(Stored data entries)

# # # #

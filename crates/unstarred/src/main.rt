// Document 01's unstarred bench checks, run: a line for each with the refusal's number, 0 for none.
#![tactic(auto)]

use bench::{Action, Bench};
use ground::Refusal;
use wire::{I, J};

fn number_of(refusal: Option<Refusal>) -> u64 {
    refusal.map_or(0, |refusal| u64::from(u8::from(refusal)))
}

fn tell(check: &[u8], n: u64) {
    io::write_all(1, check);
    io::print_decimal(1, n);
    io::write_all(1, b"\n");
}

// `first` is the first cell of the message, the others are spaces.
fn action(letter: u8, place: usize, copies: usize, first: u8) -> Action {
    let mut message = [0x20; 16];
    message[0] = first;
    Action {
        letter,
        place,
        copies,
        message,
    }
}

fn fresh(out: &mut [u8], back: &mut [u8]) -> Bench {
    bench::fresh(J(0), I(0), out, back).bench
}

fn after(b: Bench, a: Action, out: &mut [u8], back: &mut [u8]) -> Bench {
    bench::step(b, a, out, back).bench
}

fn tell_step(check: &[u8], b: Bench, a: Action, out: &mut [u8], back: &mut [u8]) {
    let outcome = bench::step(b, a, out, back);
    tell(check, number_of(outcome.report.refusal()));
}

// An action on a fresh bench, whose channels are empty.
fn try_fresh(check: &[u8], a: Action) {
    let mut out = [0; 2048];
    let mut back = [0; 2048];
    let b = fresh(&mut out, &mut back);
    tell_step(check, b, a, &mut out, &mut back);
}

// The bench after 21 times three copies and one: 64 packets.
fn sent_64(b: Bench, letter: u8, out: &mut [u8], back: &mut [u8]) -> Bench {
    let mut full = b;
    for _ in 0..21 {
        full = after(full, action(letter, 0, 3, 0x20), out, back);
    }
    after(full, action(letter, 0, 1, 0x20), out, back)
}

fn try_full_to_controller() {
    let mut out = [0; 2048];
    let mut back = [0; 2048];
    let begun = fresh(&mut out, &mut back);
    let asks = after(begun, action(b'P', 0, 0, 0x20), &mut out, &mut back);
    let full = sent_64(asks, b'Q', &mut out, &mut back);
    tell_step(
        b"Q1, 64 packets: ",
        full,
        action(b'Q', 0, 1, 0x20),
        &mut out,
        &mut back,
    );
    tell_step(
        b"R64, 64 packets: ",
        full,
        action(b'R', 64, 0, 0x20),
        &mut out,
        &mut back,
    );
    tell_step(
        b"L64, 64 packets: ",
        full,
        action(b'L', 64, 0, 0x20),
        &mut out,
        &mut back,
    );
    tell_step(
        b"L63, 64 packets: ",
        full,
        action(b'L', 63, 0, 0x20),
        &mut out,
        &mut back,
    );
}

fn try_full_to_console() {
    let mut out = [0; 2048];
    let mut back = [0; 2048];
    let begun = fresh(&mut out, &mut back);
    let asks = after(begun, action(b'P', 0, 0, 0x20), &mut out, &mut back);
    let sent = after(asks, action(b'Q', 0, 1, 0x20), &mut out, &mut back);
    let offers = after(sent, action(b'R', 0, 0, 0x20), &mut out, &mut back);
    let full = sent_64(offers, b'O', &mut out, &mut back);
    tell_step(
        b"O1, 64 packets: ",
        full,
        action(b'O', 0, 1, 0x20),
        &mut out,
        &mut back,
    );
    tell_step(
        b"S64, 64 packets: ",
        full,
        action(b'S', 64, 0, 0x20),
        &mut out,
        &mut back,
    );
    tell_step(
        b"M64, 64 packets: ",
        full,
        action(b'M', 64, 0, 0x20),
        &mut out,
        &mut back,
    );
    tell_step(
        b"M63, 64 packets: ",
        full,
        action(b'M', 63, 0, 0x20),
        &mut out,
        &mut back,
    );
}

// A list of one record: the number in its line.
fn try_record(check: &[u8], record: &[u8]) {
    let mut line = [0; 27];
    bench::run(record, &mut line);
    io::write_all(1, check);
    io::write_all(1, &line[7..9]);
    io::write_all(1, b"\n");
}

fn try_packet(check: &[u8], packet: &[u8]) {
    let read = wire::read_packet(packet);
    tell(check, number_of(read.err()));
}

fn main() {
    try_fresh(b"P, cell 0x1F: ", action(b'P', 0, 0, 0x1F));
    try_fresh(b"P, cell 0x7F: ", action(b'P', 0, 0, 0x7F));
    try_fresh(b"P, cell 0x20: ", action(b'P', 0, 0, 0x20));
    try_fresh(b"P, cell 0x7E: ", action(b'P', 0, 0, 0x7E));
    try_packet(b"packet of 31 bytes: ", &[0; 31]);
    try_packet(b"packet of 33 bytes: ", &[0; 33]);
    try_fresh(b"Q4: ", action(b'Q', 0, 4, 0x20));
    try_fresh(b"R0, 4 copies: ", action(b'R', 0, 4, 0x20));
    try_fresh(b"R64, no packet: ", action(b'R', 64, 0, 0x20));
    try_fresh(b"S64, no packet: ", action(b'S', 64, 0, 0x20));
    try_fresh(b"L64, no packet: ", action(b'L', 64, 0, 0x20));
    try_fresh(b"M64, no packet: ", action(b'M', 64, 0, 0x20));
    try_full_to_controller();
    try_full_to_console();
    try_record(b"record L640: ", b"L640                \n");
    try_record(b"record S640: ", b"S640                \n");
    try_record(b"record L630: ", b"L630                \n");
}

# # # #

__About this exercise__: Only the lines from the one holding "let read = wire::read_packet(packet);" to the end of the entries above belong in the answer, each copied exactly.

__Task solution__:
    let read = wire::read_packet(packet);
    tell(check, number_of(read.err()));
}

fn main() {
    try_fresh(b"P, cell 0x1F: ", action(b'P', 0, 0, 0x1F));
    try_fresh(b"P, cell 0x7F: ", action(b'P', 0, 0, 0x7F));
    try_fresh(b"P, cell 0x20: ", action(b'P', 0, 0, 0x20));
    try_fresh(b"P, cell 0x7E: ", action(b'P', 0, 0, 0x7E));
    try_packet(b"packet of 31 bytes: ", &[0; 31]);
    try_packet(b"packet of 33 bytes: ", &[0; 33]);
    try_fresh(b"Q4: ", action(b'Q', 0, 4, 0x20));
    try_fresh(b"R0, 4 copies: ", action(b'R', 0, 4, 0x20));
    try_fresh(b"R64, no packet: ", action(b'R', 64, 0, 0x20));
    try_fresh(b"S64, no packet: ", action(b'S', 64, 0, 0x20));
    try_fresh(b"L64, no packet: ", action(b'L', 64, 0, 0x20));
    try_fresh(b"M64, no packet: ", action(b'M', 64, 0, 0x20));
    try_full_to_controller();
    try_full_to_console();
    try_record(b"record L640: ", b"L640                \n");
    try_record(b"record S640: ", b"S640                \n");
    try_record(b"record L630: ", b"L630                \n");
}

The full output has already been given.